WHAT YOU HAVE TO DO: Give back the records in full, with every line exactly as it was.

(Data items)
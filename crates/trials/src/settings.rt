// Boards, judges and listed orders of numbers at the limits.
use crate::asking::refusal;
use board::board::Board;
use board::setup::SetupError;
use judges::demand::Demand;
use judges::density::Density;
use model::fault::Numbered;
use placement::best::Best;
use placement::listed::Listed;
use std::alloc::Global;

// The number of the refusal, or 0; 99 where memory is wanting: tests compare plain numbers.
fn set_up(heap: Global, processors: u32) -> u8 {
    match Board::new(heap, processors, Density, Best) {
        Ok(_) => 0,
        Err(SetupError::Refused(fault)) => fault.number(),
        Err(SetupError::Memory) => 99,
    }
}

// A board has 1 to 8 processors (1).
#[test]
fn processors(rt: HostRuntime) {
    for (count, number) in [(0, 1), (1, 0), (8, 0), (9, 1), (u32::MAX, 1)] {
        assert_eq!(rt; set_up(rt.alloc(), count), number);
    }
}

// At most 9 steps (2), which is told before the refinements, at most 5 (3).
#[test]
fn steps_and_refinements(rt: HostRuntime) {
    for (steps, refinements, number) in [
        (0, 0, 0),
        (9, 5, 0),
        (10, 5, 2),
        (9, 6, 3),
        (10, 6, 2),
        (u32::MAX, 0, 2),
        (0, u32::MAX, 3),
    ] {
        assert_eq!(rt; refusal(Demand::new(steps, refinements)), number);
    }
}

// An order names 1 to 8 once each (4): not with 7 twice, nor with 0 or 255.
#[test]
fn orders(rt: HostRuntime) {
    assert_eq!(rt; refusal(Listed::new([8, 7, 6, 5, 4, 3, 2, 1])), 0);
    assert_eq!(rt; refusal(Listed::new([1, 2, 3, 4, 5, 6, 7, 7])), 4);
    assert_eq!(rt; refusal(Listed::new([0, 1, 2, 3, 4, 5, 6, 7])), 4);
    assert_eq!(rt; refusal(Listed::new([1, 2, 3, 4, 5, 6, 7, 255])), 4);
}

TASK RESULT:
filename crates/trials/src/settings.rt
// Boards, judges and listed orders of numbers at the limits.
use crate::asking::refusal;
use board::board::Board;
use board::setup::SetupError;
use judges::demand::Demand;
use judges::density::Density;
use model::fault::Numbered;
use placement::best::Best;
use placement::listed::Listed;
use std::alloc::Global;

// The number of the refusal, or 0; 99 where memory is wanting: tests compare plain numbers.
fn set_up(heap: Global, processors: u32) -> u8 {
    match Board::new(heap, processors, Density, Best) {
        Ok(_) => 0,
        Err(SetupError::Refused(fault)) => fault.number(),
        Err(SetupError::Memory) => 99,
    }
}

// A board has 1 to 8 processors (1).
#[test]
fn processors(rt: HostRuntime) {
    for (count, number) in [(0, 1), (1, 0), (8, 0), (9, 1), (u32::MAX, 1)] {
        assert_eq!(rt; set_up(rt.alloc(), count), number);
    }
}

// At most 9 steps (2), which is told before the refinements, at most 5 (3).
#[test]
fn steps_and_refinements(rt: HostRuntime) {
    for (steps, refinements, number) in [
        (0, 0, 0),
        (9, 5, 0),
        (10, 5, 2),
        (9, 6, 3),
        (10, 6, 2),
        (u32::MAX, 0, 2),
        (0, u32::MAX, 3),
    ] {
        assert_eq!(rt; refusal(Demand::new(steps, refinements)), number);
    }
}

// An order names 1 to 8 once each (4): not with 7 twice, nor with 0 or 255.
#[test]
fn orders(rt: HostRuntime) {
    assert_eq!(rt; refusal(Listed::new([8, 7, 6, 5, 4, 3, 2, 1])), 0);
    assert_eq!(rt; refusal(Listed::new([1, 2, 3, 4, 5, 6, 7, 7])), 4);
    assert_eq!(rt; refusal(Listed::new([0, 1, 2, 3, 4, 5, 6, 7])), 4);
    assert_eq!(rt; refusal(Listed::new([1, 2, 3, 4, 5, 6, 7, 255])), 4);
}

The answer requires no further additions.